Apart from anything else it allows a clean-slate "this is how it _should_ have
been handled in the first place", rather than a separate git-fu move that was
necessary or even relevant only because of the original indiscretion.

------
fpig
I don't understand the problem here, why didn't he just do a merge and resolve
the 18 conflicts by using the version of the file from master?

And the problem wasn't in checkout-add-commit, that is a trivial issue, the
WTF here is producing 406 new commits in a branch without ever thinking of
merging master back into it or rebasing on master, to avoid having a giant
merge later.

------
rurban
400 commits not cleanly applying? Not a big deal. I routinely merge 1000-2000
commits and rebase 30 active branches to that also. The solution is git
rerere. It stores all the resolved merge resolutions forever, and cp or rb
apply cleanly then, without any trouble. Eg
[https://medium.com/@porteneuve/fix-conflicts-only-once-
with-...](https://medium.com/@porteneuve/fix-conflicts-only-once-with-git-
rerere-7d116b2cec67#.8pj73vnex)

------
kazinator
> _X decided to merge and deploy just the back-end changes, and then, once
> that was done and appeared successful, to merge the remaining front-end
> changes._

> " _What should X have done in the first place to avoid the pickle?_ "

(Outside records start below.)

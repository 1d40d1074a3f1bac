// How a tool ended.
ghost use Rattle.std.specs.Prelude.{◌≡◌};
ghost use Rattle.af_toolkit.specs.Trace.{fault_end};

use af_lib::ConnFault;
use af_sound::SoundFault;

/// How a tool ended.
#[derive(Clone, Copy, Debug, PartialEq, Eq)]
pub enum ToolEnd {
    Done,
    /// The words are none of a tool's, or a value is outside its range. Nothing was dialled, read or written.
    Usage,
    /// The server could not be dialled.
    DialFault,
    /// A read or a write of the link failed.
    LinkFault,
    /// The link ended before a reply was whole.
    LinkEnded,
    /// The server has n devices, and not the one that was named.
    NoDevice { devices: u8 },
    /// Two devices, or a file and a device, have these different rates.
    RateMismatch { from: u32, to: u32 },
    /// Two devices, or a file and a device, have one rate, and these different numbers of channels.
    ChannelMismatch { from: u8, to: u8 },
    /// The source does not begin with the header of a sound file.
    BadSound { fault: SoundFault },
    /// The source ended inside of the header of a sound file.
    SoundCut,
    /// The tool is strict. It did all, and some of the sound was lost: frames that it played came too late to be heard, or frames
    /// that it recorded had left the server.
    SoundLost,
    /// The server refused a request, for this value.
    Refused { code: u8, value: u32 },
    /// What came is no message, or not the awaited one: its header, and the first bytes of its body, filled with zeros.
    BadReply { header: [u8; 8], first: [u8; 8] },
    /// 4096 events came, and not the awaited message.
    EventFlood,
    /// A read of the source failed.
    ReadFault,
    /// The source gave more than 2^40 bytes.
    TooLong,
    /// A write to the sink failed.
    SinkFault,
    /// Memory ran out, before anything was sent but, by a relay, the setup of its first link.
    OutOfMemory,
}

impl From<ConnFault> for ToolEnd {
    ghost from_gives = { λ fault end. end ≡ fault_end fault };

    /// The end of a tool at a fault of its connection. A tool sends nothing more on a connection that is spent.
    fn from(fault: ConnFault) -> ToolEnd {
        match fault {
            ConnFault::LinkFault | ConnFault::Spent { .. } => ToolEnd::LinkFault,
            ConnFault::LinkEnded => ToolEnd::LinkEnded,
            ConnFault::ServerError { code, value } => ToolEnd::Refused { code, value },
            ConnFault::BadReply { header, first } => ToolEnd::BadReply { header, first },
            ConnFault::OutOfMemory => ToolEnd::OutOfMemory,
            ConnFault::EventFlood => ToolEnd::EventFlood,
        }
    }
}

0\. (Of course, not develop a 406 patch changeset and then have to pick it
apart. Make smaller pushes, frequently.)

1\. Create a topic branch right there at the tip where the 406 changes are
locally committed.

2\. Then use git's interactive rebase to rewrite this branch such that just
the back-end commits are picked first, followed by the front end.

3\. Make a back-end topic branch from the last back-end commit and test that.
If it's cool, master can be rebased to that and pushed to origin/master
upstream.

4\. Test remaining front-end changes, rebase master to them, push.

Also:

3\. a) If back-end changes need fixing, fix them on the back-end-topic branch.
Then rebase the original topic to the back end topic to pick up these changes
"under" it. (I.e. replay the front end over the new back end, and install as
new front end).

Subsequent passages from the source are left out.